France tries husband-wife team for research misconduct in plagiarism case

Mr Sixou
Michel Sixou

We’re always glad to have guest posts, and here’s one from François-Xavier Coudert, reporting from France.

As we reported the other day, a Nature editorial suggested that police involvement might be an appropriate response to research misconduct. The French seem to agree, based on reports in the media there, as Coudert writes:

A husband-wife team of French odontology researchers at l’université Paul-Sabatier in Toulouse have been on trial in that country for research misconduct. Christine Marchal-Sixou, an associate professor, faces a charge of plagiarism, and Michel Sixou, full professor and dean of the faculty of dental medicine until September, has been charged with complicity.

In June 2006, Samer Nuwwareh, a masters student in the group of professor Sixou in Toulouse, completed his thesis with Sixou as one of his two advisors. Six months later, Marchal-Sixou, who at that time was a graduate student in her husband’s group, successfully defended her doctoral thesis. Nuwwareh’s name features in the acknowledgements of the thesis, but his own work was not otherwise cited. After getting her PhD, Marchal-Sixou joined her husband’s group as associate professor. In August 2008, Samer Nuwwareh filed suit for plagiarism of his thesis. He declared at trial:

I felt betrayed and dispossessed. Today I want to get back the ownership of my work.

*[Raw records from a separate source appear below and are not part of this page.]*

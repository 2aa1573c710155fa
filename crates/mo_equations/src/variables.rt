//! The variables of the flat model, with the equations of the bindings of unknowns.
#![tactic(auto, using(crate::proofs::Staying::staying))]

ghost use Rattle.std.specs.Prelude.{◌≡◌, ◌++◌, ◌∷◌, [], ℕ, List as Seq, Option, Ok, Err, Some, IfOk, OnOk, drop, length};
ghost use Rattle.mo_flat.specs.declared.expr.FlatExpr.{FlatExpr as Expression};
ghost use Rattle.mo_scope.specs.Frames.{at_of};
ghost use Rattle.mo_scope.specs.Trees.{IsChosen, chosen_in};
ghost use Rattle.mo_scope.specs.Worlds.{IsFrame, frame_at, frames_of, table_in};
ghost use Rattle.mo_syntax.specs.Outcome.{IfBroken};
ghost use Rattle.mo_typing.specs.Outcome.{Gives, each};
ghost use Rattle.mo_equations.specs.Gathering.{Made as Gathered, beside, made_equations};
ghost use Rattle.mo_equations.specs.Leaves.{Tree as TreeOf, Variable as VariableOf, sizes_along as sizes_along_path};
ghost use Rattle.mo_equations.specs.Variables.{Declared as DeclaredOne, all_declared as all_of_tree, declared as declared_one, declared_with, flat_attribute, flat_binding as binding_of_leaf, flat_of_leaf as expression_of_leaf, flat_option as option_of_leaf, fits_along, fits_leaf, indices_if, indices_of as indices_of_path, variable_with};
ghost use Rattle.mo_equations.specs.steps.Declaring.{AreAttributes, AreDeclared, HasOneMore, IsAskedSo, IsBound, IsOneOf, attributes_in, binding_in, built_held, dims_found, equation_part, equation_with, known_of_binding, known_of_leaf_at, nodes_held, place_of_option, printed_part, unknowns_with, variable_in};
ghost use Rattle.mo_equations.specs.steps.Desks.{IsDesk, Stays};
ghost use Rattle.mo_equations.specs.steps.Standing.{tree_in};
ghost use Rattle.mo_equations.specs.steps.Flats.{Answers, IsFlat};
ghost use Rattle.mo_equations.specs.steps.LeafTables.{AreLeaves};
ghost use Rattle.mo_equations.specs.steps.Makings.{IsFlatOption, IsMade};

Eight different experts were called in to testify. It appears clear that a good part of the work was shared by the two theses, with 44 pages out of 150 (bibliography excluded) of Marchal-Sixou’s paper being directly drawn — and in some case copy-and-pasted, which we know thanks to some telltale, identical typos — from Nuwwareh’s work. The experts agreed that this “core” was the essential and most original part of the doctoral thesis.

Most of the time during the trial was spent arguing about who copied whom, and whose work had priority. Because Nuwwareh and Marchal-Sixou worked on closely related topics and actively collaborated at that time, her defense is that the work was thus a collective effort, owned not by either researcher but by the whole group. The lawyer for Sixou and Marchal-Sixou also characterized the whole affair as:

a cabal, orchestrated by a few academics and aiming at taking [the Sixous] down. These accusations were made by the guy two years after the facts, he was manipulated.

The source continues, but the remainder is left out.